TASK BRIEF → Examine each line of the data. Copy those that contain the string "atoms".

Dataset items:
=== Begin Enclosure ===

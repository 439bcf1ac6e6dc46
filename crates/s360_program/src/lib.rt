//! One channel program at one drive, after its start: what it does, unit by unit, and how it is cut.
#![tactic(auto)]

mod conditions;
mod copying;
mod endings;
pub mod laws;
mod moving;
mod place;
pub mod program;
mod rounds;
mod run;
mod slices;
mod starting;
mod units;
pub mod view;
mod whole;
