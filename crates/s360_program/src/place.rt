//! Where the channel is in a program, and how it fetches channel command words (Principles of Operation, Input/Output
//! Operations: 'Channel Command Word', 'Chaining', 'Transfer in Channel').

ghost use Rattle.std.specs.Prelude.{◌≡◌, ◌+◌, ◌≤◌, ◌^◌};
ghost use Rattle.s360_laws.specs.Places.{fetch, past_ccw, past_transfer, past_no_ccw, is_invalid};
ghost use Rattle.s360_laws.specs.Runs.{first_place};
ghost use Rattle.s360_program.specs.Place.{place_of, fetched_of, FetchedWithin, modified_place};

use bitflags::Flags;
use s360_storage::MainStorage;
use s360_words::{Ccw, UnitStatus};

/// The channel's place in a program.
#[derive(Clone, Copy)]
pub(crate) struct Place {
    /// Where the next word is.
    pub(crate) next: u32,
    /// Whether that may be a transfer in channel.
    pub(crate) may_transfer: bool,
    /// Where the last word was whose fetch was tried.
    pub(crate) last: u32,
    /// The count left in the last good word.
    pub(crate) residual: u16,
    /// Whether an interruption is asked for and not yet taken.
    pub(crate) interruption: bool,
}

/// What is found where a channel command word is fetched.
#[derive(Clone, Copy)]
pub(crate) enum Fetched {
    /// None that may stand there, which is a program check.
    NoCcw,
    /// A transfer in channel to this address.
    TransferTo(u32),
    /// A good one.
    GoodCcw(Ccw),
}

// What a word may not have that is no transfer in channel.
fn is_invalid(begins: bool, ccw: Ccw) -> bool
    ensures { result ≡ is_invalid begins ccw }
{
    ccw.count == 0 || ccw.has_reserved_flags() || begins && ccw.code % 16 == 0
}

impl Place {
    /// The place before the first word, which may be no transfer in channel.
    pub(crate) fn first(address: u32) -> Place
        ensures { place_of result ≡ first_place address }
    {
        Place {
            next: address,
            may_transfer: false,
            last: address,
            residual: 0,
            interruption: false,
        }
    }

    /// Fetches the next word, which begins a command or chains data.
    pub(crate) fn fetch<M: MainStorage>(&self, storage: &M, begins: bool) -> Fetched
        ensures fetched { fetched_of result ≡ fetch (M.holds storage.now) (place_of self.now) begins }
        ensures within { FetchedWithin (place_of self.now) (fetched_of result) }
    {
        let next = self.next;
        if next % 8 != 0 {
            return Fetched::NoCcw;
        }
        // No storage is greater than 2 to the 24.
        let _size = storage.size();
        let Some(ccw) = storage.ccw_at(next) else {
            return Fetched::NoCcw;
        };
        if ccw.is_transfer() {
            return if self.may_transfer {
                Fetched::TransferTo(ccw.address)
            } else {
                Fetched::NoCcw
            };
        }
        if is_invalid(begins, ccw) {
            return Fetched::NoCcw;
        }
        Fetched::GoodCcw(ccw)
    }

    /// Goes by a good word.
    pub(crate) fn go_by(&mut self, ccw: Ccw)
        requires { self.old.next + 8 ≤ 2 ^ 24 }
        ensures { place_of self.new ≡ past_ccw (place_of self.old) ccw }
    {
        self.last = self.next;
        self.next += 8;
        self.may_transfer = true;
        self.residual = ccw.count;
        if ccw.interrupts() {
            self.interruption = true;
        }
    }

    /// Goes to where a transfer in channel leads.
    pub(crate) fn transfer(&mut self, address: u32)
        ensures { place_of self.new ≡ past_transfer (place_of self.old) address }
    {
        self.last = self.next;
        self.next = address;
        self.may_transfer = false;
    }

    /// Stays where no word was found.
    pub(crate) fn miss(&mut self)
        ensures { place_of self.new ≡ past_no_ccw (place_of self.old) }
    {
        self.last = self.next;
    }

    /// Goes past the next word, where status modifier says so.
    pub(crate) fn modify(&mut self, unit: UnitStatus)
        requires { self.old.next ≤ 2 ^ 24 }
        ensures place { place_of self.new ≡ modified_place (place_of self.old) unit }
        ensures next { self.new.next ≤ 2 ^ 24 + 8 }
        ensures last { self.new.last ≡ self.old.last }
    {
        if unit.intersects(UnitStatus::STATUS_MODIFIER) {
            self.next += 8;
        }
    }
}
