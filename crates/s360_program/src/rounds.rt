//! A search that fails, and a transfer in channel behind it that leads back to it: while records pass by, the program goes round, and
//! nothing changes but where the track stands (Principles of Operation, Input/Output Operations: 'Transfer in Channel').

ghost use Rattle.std.specs.Prelude.{◌≡◌, ◌≤◌, ◌+◌, ◌<◌, ◌^◌, length, take, drop, IfSome};
ghost use Rattle.s360_program.specs.Place.{place_of};
ghost use Rattle.s360_program.specs.Steps.{Fits, GoesRound};
ghost use Rattle.s360_laws.specs.Rounds.{LeadsBack};

use crate::place::{Fetched, Place};
use crate::run::{Comes, Run};
use ckd_drive::Drive;
use ckd_image::ImageStore;
use ckd_position::{Area, Position};
use s360_storage::MainStorage;
use s360_words::Ccw;

// The word of a search at this place, if a transfer in channel behind it leads back to it.
fn leads_back<M: MainStorage>(place: &Place, storage: &M) -> Option<Ccw>
    ensures { IfSome result (LeadsBack (M.holds storage.now) (place_of place.now)) }
{
    let Fetched::GoodCcw(ccw) = place.fetch(storage, true) else {
        return None;
    };
    if !ccw.chains_command() || ccw.chains_data() || ccw.interrupts() || place.residual != 0 {
        return None;
    }
    let mut behind = *place;
    behind.go_by(ccw);
    let Fetched::TransferTo(address) = behind.fetch(storage, true) else {
        return None;
    };
    if address != place.next || place.last != behind.next || place.may_transfer {
        return None;
    }
    let end = ccw.address as usize + usize::from(ccw.count);
    if end > storage.size() as usize {
        return None;
    }
    Some(ccw)
}

impl Run {
    /// Goes round as often as the search of the next word fails at once, and as so many units allow, where that word was reached by
    /// a transfer in channel behind it. Answers how many units that were.
    #[inline(always)]
    pub(crate) fn pass_rounds<S: ImageStore, M: MainStorage>(
        &self,
        most: u32,
        storage: &M,
        drive: &mut Drive<S>,
    ) -> u32
        requires fits { Fits self.now drive.old }
        requires stage { self.now.comes ≡ Comes.NextCommand }
        ensures { GoesRound self.now (M.holds storage.now) most result drive.old drive.new }
    {
        // asked first, since few words are reached so
        if self.place.may_transfer || self.place.last != self.place.next + 8 {
            return 0;
        }
        // most searches that fail once fail at the first record of the track, and find theirs behind it
        match drive.registers().position {
            Position::At(Area::Of(_, i)) if i > 0 => self.go_round(most, storage, drive),
            _ => 0,
        }
    }

    // The same, where the last word stood behind the next one.
    #[inline(never)]
    fn go_round<S: ImageStore, M: MainStorage>(
        &self,
        most: u32,
        storage: &M,
        drive: &mut Drive<S>,
    ) -> u32
        requires fits { Fits self.now drive.old }
        requires stage { self.now.comes ≡ Comes.NextCommand }
        ensures { GoesRound self.now (M.holds storage.now) most result drive.old drive.new }
    {
        let Some(ccw) = leads_back(&self.place, storage) else {
            return 0;
        };
        let wanted = storage.bytes_from(ccw.address, usize::from(ccw.count));
        let round = u32::from(ccw.count) + 3;
        drive.pass_by(ccw.code, wanted, most / round) * round
    }
}
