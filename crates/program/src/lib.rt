// A program as a table: the rules of its entries come first, in sheet order, and behind them the constraints.
#![tactic(auto)]

ghost use Rattle.std.specs.Prelude.{◌≡◌, ◌<◌};
ghost use Rattle.program.specs.inner.Held.{table_rule};

use tables::{Program, Table, entry_at, record_at};

// The numbers of atoms, of rules and of constraints.
#[derive(Clone, Copy)]
pub struct ProgramSize {
    pub atoms: usize,
    pub rules: usize,
    pub constraints: usize,
}

// A rule as a table has it: its head, the sets of its positive and negative atoms, and an atom added to the negative ones, where a + 1
// stands for the atom a and 0 for none. A constraint's head means nothing.
#[derive(Clone, Copy)]
pub struct TableRule {
    pub head: u8,
    pub pos: u64,
    pub neg: u64,
    pub added: u8,
}

// The rule at entry i, with the sets of the record at its source.
pub fn rule_at(records: &Table, program: &Program, i: usize) -> TableRule
    requires { i < 192 }
    ensures { result ≡ table_rule records.now program.now i }
{
    let entry = entry_at(program, i);
    let source = record_at(records, usize::from(entry.source));
    TableRule {
        head: entry.head,
        pos: source.pos,
        neg: source.neg,
        added: entry.added,
    }
}
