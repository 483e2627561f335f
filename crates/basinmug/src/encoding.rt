//! The encoding that bytes may have which are no UTF-8.
ghost use Rattle.std.specs.Prelude.{◌≡◌};
ghost use Rattle.basinmug.specs.Encodings.{begins_utf16, begins_utf32, encoding_of};

use std::fmt;

/// An encoding that bytes may have which are no UTF-8.
#[derive(Clone, Copy, Debug, PartialEq, Eq)]
pub enum Encoding {
    /// UTF-16, in either order of bytes.
    Utf16,
    /// UTF-32, in either order of bytes.
    Utf32,
    /// A guess: the one of Windows in the west of Europe and in America.
    Windows1252,
}

/// What it is, and the command that makes UTF-8 of it.
impl fmt::Display for Encoding {
    ghost use Rattle.std.specs.Prelude.{Some};
    ghost use Rattle.basinmug.specs.Encodings.{encoding_text};

    ghost output = { λ encoding. Some (encoding_text encoding) };

    fn fmt<W: fmt::Write>(&self, f: &mut fmt::Formatter<W>) -> fmt::Result {
        match self {
            Encoding::Utf16 => write!(f, "UTF-16: iconv -f UTF-16 -t UTF-8"),
            Encoding::Utf32 => write!(f, "UTF-32: iconv -f UTF-32 -t UTF-8"),
            Encoding::Windows1252 => {
                write!(f, "perhaps WINDOWS-1252: iconv -f WINDOWS-1252 -t UTF-8")
            }
        }
    }
}

/// The encoding that bytes may have which are no UTF-8: UTF-32 or UTF-16 where they begin with its byte order mark. The
/// mark of UTF-32 is looked for first, since in one order of bytes it begins as that of UTF-16.
pub fn encoding_of(bytes: &[u8]) -> Encoding
    ensures { result ≡ encoding_of bytes.now }
{
    match bytes {
        [a, b, c, d, ..] if begins_utf32(*a, *b, *c, *d) => Encoding::Utf32,
        [a, b, ..] if begins_utf16(*a, *b) => Encoding::Utf16,
        _ => Encoding::Windows1252,
    }
}

// Whether these bytes are U+FEFF BYTE ORDER MARK in UTF-16.
fn begins_utf16(a: u8, b: u8) -> bool
    ensures { result ≡ begins_utf16 a b }
{
    (a == 0xff && b == 0xfe) || (a == 0xfe && b == 0xff)
}

// Whether these bytes are U+FEFF BYTE ORDER MARK in UTF-32.
fn begins_utf32(a: u8, b: u8, c: u8, d: u8) -> bool
    ensures { result ≡ begins_utf32 a b c d }
{
    (a == 0xff && b == 0xfe && c == 0 && d == 0) || (a == 0 && b == 0 && c == 0xfe && d == 0xff)
}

=== End Enclosure ===

RESULT OF THIS TASK →
// The numbers of atoms, of rules and of constraints.
    pub atoms: usize,
// A rule as a table has it: its head, the sets of its positive and negative atoms, and an atom added to the negative ones, where a + 1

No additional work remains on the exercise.